**Data to use:**
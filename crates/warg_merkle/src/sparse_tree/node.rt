//! The nodes of a map's tree: leaves, and branches where ways part.

ghost use Rattle.std.specs.Prelude.{◌≡◌, ◌≢◌, ◌+◌, ◌-◌, ◌<◌, ◌≤◌, ◌++◌, ◌∷◌, [], drop, if◌then◌else◌, IfOk, OnOk, OnErr, MatchOption, is_some, option_map};
ghost use Rattle.std.specs.Option.{option_copied};
ghost use Rattle.sha2.specs.Sha256.{sha256};
ghost use Rattle.warg_merkle.specs.Trees.{leaf_input, node_input};
ghost use Rattle.warg_merkle.specs.SparseMap.Maps.{map_path, map_root};
ghost use Rattle.warg_merkle.specs.SparseTree.Nodes.{empty_roots, way_from, Sets};
ghost use Rattle.warg_merkle.specs.SparseTree.Compressed.{root_above};
ghost use Rattle.warg_merkle.specs.SparseTree.Stored.{value_at, leaf_count, LeavesAt, Follows, IsKept, IsHashed};

use crate::sparse_map::is_right;
use crate::sparse_tree::edges::{parting, root_above, row};
use crate::{leaf_hash, node_hash};
use std::alloc::{AllocError, Global};
use std::mem;

// A subtree: an empty one has no node, and behind an edge one has its lower end alone.
#[cycle(node)]
#[derive(Drop)]
pub(crate) enum Node {
    Empty,
    Leaf(Box<Leaf>),
    Branch(Box<Branch>),
}

// A value at its key, and the root at the depth 48 with nothing beside it.
#[derive(Drop)]
pub(crate) struct Leaf {
    key: [u8; 32],
    value: Vec<u8>,
    kept: [u8; 32],
}

// The depth where ways part, a key whose way leads there, and what is on both sides, with its roots one below.
#[cycle(node)]
#[derive(Drop)]
pub(crate) struct Branch {
    key: [u8; 32],
    depth: usize,
    left_root: [u8; 32],
    right_root: [u8; 32],
    left: Node,
    right: Node,
}

impl Leaf {
    // The value at the key.
    fn new(key: &[u8; 32], value: Vec<u8>, empties: &[[u8; 32]]) -> Leaf
        requires empties { empties.now ≡ empty_roots sha256 257 }
        ensures key { result.key ≡ key.now }
        ensures value { result.value.items ≡ value.items }
        ensures kept { IsKept sha256 result.key result.value.items result.kept }
    {
        let hash = leaf_hash(value.as_slice());
        let kept = root_above(hash, key, 256, 48, empties);
        Leaf {
            key: *key,
            value,
            kept,
        }
    }

    // The root at that depth with nothing beside the leaf: from the one that it keeps, or from below it.
    fn root(&self, depth: usize, empties: &[[u8; 32]]) -> [u8; 32]
        requires in_tree { depth ≤ 256 }
        requires kept { IsKept sha256 self.now.key self.now.value.items self.now.kept }
        requires empties { empties.now ≡ empty_roots sha256 257 }
        ensures { result ≡ root_above sha256 0 (way_from (256 - depth) depth self.now.key)
            (sha256 (leaf_input self.now.value.items)) }
    {
        if depth <= 48 {
            root_above(self.kept, &self.key, 48, depth, empties)
        } else {
            let hash = leaf_hash(self.value.as_slice());
            root_above(hash, &self.key, 256, depth, empties)
        }
    }

    // Puts the value in place of the one that stands there, and gives that.
    fn put(&mut self, value: Vec<u8>, empties: &[[u8; 32]]) -> Vec<u8>
        requires empties { empties.now ≡ empty_roots sha256 257 }
        ensures key { self.new.key ≡ self.old.key }
        ensures value { self.new.value.items ≡ value.items }
        ensures kept { IsKept sha256 self.new.key self.new.value.items self.new.kept }
        ensures old { result.items ≡ self.old.value.items }
    {
        let hash = leaf_hash(value.as_slice());
        self.kept = root_above(hash, &self.key, 256, 48, empties);
        mem::replace(&mut self.value, value)
    }
}

impl Branch {
    // A branch on the key's way with nothing on its sides yet.
    fn new(key: &[u8; 32], depth: usize) -> Branch
        ensures key { result.key ≡ key.now }
        ensures depth { result.depth ≡ depth }
    {
        Branch {
            key: *key,
            depth,
            left_root: [0u8; 32],
            right_root: [0u8; 32],
            left: Node::Empty,
            right: Node::Empty,
        }
    }

    // Puts what is on both sides, with its roots.
    fn fill(&mut self, left: Node, left_root: [u8; 32], right: Node, right_root: [u8; 32])
        ensures key { self.new.key ≡ self.old.key }
        ensures depth { self.new.depth ≡ self.old.depth }
        ensures left { self.new.left ≡ left }
        ensures left_root { self.new.left_root ≡ left_root }
        ensures right { self.new.right ≡ right }
        ensures right_root { self.new.right_root ≡ right_root }
    {
        self.left = left;
        self.left_root = left_root;
        self.right = right;
        self.right_root = right_root;
    }

    // The root at that depth, with nothing beside the edge down to the branch.
    fn root(&self, depth: usize, empties: &[[u8; 32]]) -> [u8; 32]
        requires above { depth ≤ self.now.depth }
        requires in_tree { self.now.depth < 256 }
        requires empties { empties.now ≡ empty_roots sha256 257 }
        ensures { result ≡ root_above sha256 (256 - self.now.depth)
            (way_from (self.now.depth - depth) depth self.now.key)
            (sha256 (node_input self.now.left_root self.now.right_root)) }
    {
        let root = node_hash(&self.left_root, &self.right_root);
        root_above(root, &self.key, self.depth, depth, empties)
    }

    // Takes the root on the left anew.
    fn rehash_left(&mut self, empties: &[[u8; 32]])
        requires in_tree { self.old.depth < 256 }
        requires hashed { IsHashed sha256 (self.old.depth + 1) self.old.left }
        requires empties { empties.now ≡ empty_roots sha256 257 }
        ensures left_root { self.new.left_root ≡ map_root sha256 (256 - (self.old.depth + 1))
            (value_at (self.old.depth + 1) self.old.left) }
        ensures key { self.new.key ≡ self.old.key }
        ensures depth { self.new.depth ≡ self.old.depth }
        ensures right_root { self.new.right_root ≡ self.old.right_root }
        ensures left { self.new.left ≡ self.old.left }
        ensures right { self.new.right ≡ self.old.right }
    {
        self.left_root = self.left.root(self.depth + 1, empties);
    }

    // Takes the root on the right anew.
    fn rehash_right(&mut self, empties: &[[u8; 32]])
        requires in_tree { self.old.depth < 256 }
        requires hashed { IsHashed sha256 (self.old.depth + 1) self.old.right }
        requires empties { empties.now ≡ empty_roots sha256 257 }
        ensures right_root { self.new.right_root ≡ map_root sha256 (256 - (self.old.depth + 1))
            (value_at (self.old.depth + 1) self.old.right) }
        ensures key { self.new.key ≡ self.old.key }
        ensures depth { self.new.depth ≡ self.old.depth }
        ensures left_root { self.new.left_root ≡ self.old.left_root }
        ensures left { self.new.left ≡ self.old.left }
        ensures right { self.new.right ≡ self.old.right }
    {
        self.right_root = self.right.root(self.depth + 1, empties);
    }
}

// The siblings on a way up to that depth, where it left an edge there and this root is beside it.
fn path_beside(
    alloc: Global,
    root: &[u8; 32],
    at: usize,
    depth: usize,
    empties: &[[u8; 32]],
) -> Result<Vec<[u8; 32]>, AllocError>
    requires above { depth ≤ at }
    requires in_tree { at < 256 }
    requires empties { empties.now ≡ empty_roots sha256 257 }
    ensures { IfOk result (λ path. path.items ≡ empty_roots sha256 (255 - at) ++
        root.now ∷ drop (256 - at) (empty_roots sha256 (256 - depth))) }
{
    let mut path = Vec::with_capacity(alloc, 256 - depth)?;
    path.extend_from_slice(row(empties, 0, 255 - at))?;
    path.push(*root)?;
    path.extend_from_slice(row(empties, 256 - at, 256 - depth))?;
    Ok(path)
}

impl Node {
    // The root of the subtree at that depth.
    pub(crate) fn root(&self, depth: usize, empties: &[[u8; 32]]) -> [u8; 32]
        requires in_tree { depth ≤ 256 }
        requires hashed { IsHashed sha256 depth self.now }
        requires empties { empties.now ≡ empty_roots sha256 257 }
        ensures { result ≡ map_root sha256 (256 - depth) (value_at depth self.now) }
    {
        match self {
            Node::Empty => empties[256 - depth],
            Node::Leaf(leaf) => leaf.root(depth, empties),
            Node::Branch(branch) => branch.root(depth, empties),
        }
    }

    // Where the key's way leaves the edge above the node, if it does.
    fn leaves_at(&self, key: &[u8; 32], depth: usize) -> Option<usize>
        requires in_tree { depth ≤ 256 }
        requires hashed { IsHashed sha256 depth self.now }
        ensures { MatchOption result (Follows depth key.now self.now)
            (λ at. LeavesAt depth key.now self.now at) }
    {
        match self {
            Node::Empty => None,
            Node::Leaf(leaf) => parting(key, &leaf.key, depth, 256),
            Node::Branch(branch) => parting(key, &branch.key, depth, branch.depth),
        }
    }

    // The value at the key in the subtree at that depth.
    pub(crate) fn get(&self, key: &[u8; 32], depth: usize) -> Option<&[u8]>
        requires in_tree { depth ≤ 256 }
        requires hashed { IsHashed sha256 depth self.now }
        ensures { option_copied result ≡ value_at depth self.now (way_from (256 - depth) depth key.now) }
    {
        if let Some(_) = self.leaves_at(key, depth) {
            return None;
        }
        match self {
            Node::Empty => None,
            Node::Leaf(leaf) => Some(leaf.value.as_slice()),
            Node::Branch(branch) => {
                let at = branch.depth;
                if is_right(key, at) {
                    branch.right.get(key, at + 1)
                } else {
                    branch.left.get(key, at + 1)
                }
            }
        }
    }

    // The siblings on the key's way up to that depth.
    pub(crate) fn path(
        &self,
        alloc: Global,
        key: &[u8; 32],
        depth: usize,
        empties: &[[u8; 32]],
    ) -> Result<Vec<[u8; 32]>, AllocError>
        requires in_tree { depth ≤ 256 }
        requires hashed { IsHashed sha256 depth self.now }
        requires empties { empties.now ≡ empty_roots sha256 257 }
        ensures { IfOk result (λ path. path.items ≡
            map_path sha256 (value_at depth self.now) (way_from (256 - depth) depth key.now)) }
    {
        if let Some(at) = self.leaves_at(key, depth) {
            return path_beside(alloc, &self.root(at + 1, empties), at, depth, empties);
        }
        match self {
            Node::Empty => Vec::from_slice(alloc, row(empties, 0, 256 - depth)),
            Node::Leaf(_) => Vec::from_slice(alloc, row(empties, 0, 256 - depth)),
            Node::Branch(branch) => {
                let at = branch.depth;
                if is_right(key, at) {
                    let mut path = branch.right.path(alloc, key, at + 1, empties)?;
                    path.push(branch.left_root)?;
                    path.extend_from_slice(row(empties, 256 - at, 256 - depth))?;
                    Ok(path)
                } else {
                    let mut path = branch.left.path(alloc, key, at + 1, empties)?;
                    path.push(branch.right_root)?;
                    path.extend_from_slice(row(empties, 256 - at, 256 - depth))?;
                    Ok(path)
                }
            }
        }
    }

    // Puts a branch with the value's leaf there, where the key's way leaves the edge above the node.
    fn part(
        &mut self,
        alloc: Global,
        key: &[u8; 32],
        depth: usize,
        at: usize,
        value: Vec<u8>,
        empties: &[[u8; 32]],
    ) -> Result<(), AllocError>
        requires in_tree { depth ≤ 256 }
        requires hashed { IsHashed sha256 depth self.old }
        requires leaves { LeavesAt depth key.now self.old at }
        requires empties { empties.now ≡ empty_roots sha256 257 }
        ensures hashed { IsHashed sha256 depth self.new }
        ensures sets { OnOk result (Sets (value_at depth self.old) (value_at depth self.new)
            (way_from (256 - depth) depth key.now) value.items) }
        ensures none { value_at depth self.old (way_from (256 - depth) depth key.now) ≡ None }
        ensures count { OnOk result (leaf_count self.new ≡ leaf_count self.old + 1) }
        ensures err { OnErr result (self.new ≡ self.old) }
    {
        let beside = self.root(at + 1, empties);
        let leaf = Leaf::new(key, value, empties);
        let root = leaf.root(at + 1, empties);
        let leaf = Node::Leaf(Box::new(alloc, leaf)?);
        let mut branch = Box::new(alloc, Branch::new(key, at))?;
        let node = mem::replace(self, Node::Empty);
        if is_right(key, at) {
            branch.fill(node, beside, leaf, root);
            *self = Node::Branch(branch);
            Ok(())
        } else {
            branch.fill(leaf, root, node, beside);
            *self = Node::Branch(branch);
            Ok(())
        }
    }

    // Puts the value at the key in the subtree at that depth, and gives the one that stood there.
    pub(crate) fn insert(
        &mut self,
        alloc: Global,
        key: &[u8; 32],
        depth: usize,
        value: Vec<u8>,
        empties: &[[u8; 32]],
    ) -> Result<Option<Vec<u8>>, AllocError>
        requires in_tree { depth ≤ 256 }
        requires hashed { IsHashed sha256 depth self.old }
        requires empties { empties.now ≡ empty_roots sha256 257 }
        ensures hashed { IsHashed sha256 depth self.new }
        ensures sets { OnOk result (Sets (value_at depth self.old) (value_at depth self.new)
            (way_from (256 - depth) depth key.now) value.items) }
        ensures old { IfOk result (λ old. option_map (λ v. v.items) old ≡
            value_at depth self.old (way_from (256 - depth) depth key.now)) }
        ensures count { IfOk result (λ old. leaf_count self.new ≡
            leaf_count self.old + (if is_some old then 0 else 1)) }
        ensures err { OnErr result (self.new ≡ self.old) }
    {
        if let Some(at) = self.leaves_at(key, depth) {
            self.part(alloc, key, depth, at, value, empties)?;
            return Ok(None);
        }
        match self {
            Node::Empty => {
                *self = Node::Leaf(Box::new(alloc, Leaf::new(key, value, empties))?);
                Ok(None)
            }
            Node::Leaf(leaf) => Ok(Some(leaf.put(value, empties))),
            Node::Branch(branch) => {
                let at = branch.depth;
                if is_right(key, at) {
                    let old = branch.right.insert(alloc, key, at + 1, value, empties)?;
                    branch.rehash_right(empties);
                    Ok(old)
                } else {
                    let old = branch.left.insert(alloc, key, at + 1, value, empties)?;
                    branch.rehash_left(empties);
                    Ok(old)
                }
            }
        }
    }
}
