//! What a row is answered.
use crate::RowError;
use crate::quotes::quoted;
use std::alloc::Global;
use std::fmt::{Debug, Display};

/// The answer to a row's question.
#[derive(Debug, Drop, PartialEq)]
pub enum Answer {
    /// A value, which stands behind ` = `.
    Value(String),
    /// A fault, which stands behind ` ! `.
    Fault(String),
}

impl Answer {
    /// A value's text, in quotes where it needs them.
    pub fn value<T: Display>(alloc: Global, value: &T) -> Result<Answer, RowError> {
        let text = value.to_string(alloc)?;
        Ok(Answer::Value(quoted(alloc, text.as_str())?))
    }

    /// A fault's text, such as a name.
    pub fn fault<T: Display>(alloc: Global, fault: &T) -> Result<Answer, RowError> {
        Ok(Answer::Fault(fault.to_string(alloc)?))
    }

    /// The cases of a fault from the outside in: `Contents.Prev.BadHex`, and the last one's field behind a space:
    /// `Contents.Permission 3`.
    pub fn cases<E: Debug>(alloc: Global, fault: &E) -> Result<Answer, RowError> {
        let text = format!(in alloc; "{fault:?}")?;
        Ok(Answer::Fault(cases(alloc, text.as_str())?))
    }

    /// A value's text, or the cases of a fault.
    pub fn of<T: Display + Drop, E: Debug + Drop>(
        alloc: Global,
        outcome: Result<T, E>,
    ) -> Result<Answer, RowError> {
        match outcome {
            Ok(value) => Answer::value(alloc, &value),
            Err(fault) => Answer::cases(alloc, &fault),
        }
    }

    /// The answer as a row has it, with its separator.
    pub fn written(&self, alloc: Global) -> Result<String, RowError> {
        Ok(match self {
            Answer::Value(text) => format!(in alloc; "= {text}")?,
            Answer::Fault(text) => format!(in alloc; "! {text}")?,
        })
    }
}

// `Contents(Prev(BadHex))` as `Contents.Prev.BadHex`, and `Permission(3)` as `Permission 3`.
fn cases(alloc: Global, debug: &str) -> Result<String, RowError> {
    let mut text = String::new(alloc);
    for part in debug.trim_end_matches(')').split('(') {
        if text.is_empty() {
            text.push_str(part)?;
        } else if part.starts_with(|c: char| c.is_ascii_uppercase()) {
            write!(text, ".{part}")?;
        } else {
            write!(text, " {part}")?;
        }
    }
    Ok(text)
}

**Work instruction:** Some lines above hold the word "return". Copy all of them.

**Written solution:**
            return None;
            return path_beside(alloc, &self.root(at + 1, empties), at, depth, empties);
            return Ok(None);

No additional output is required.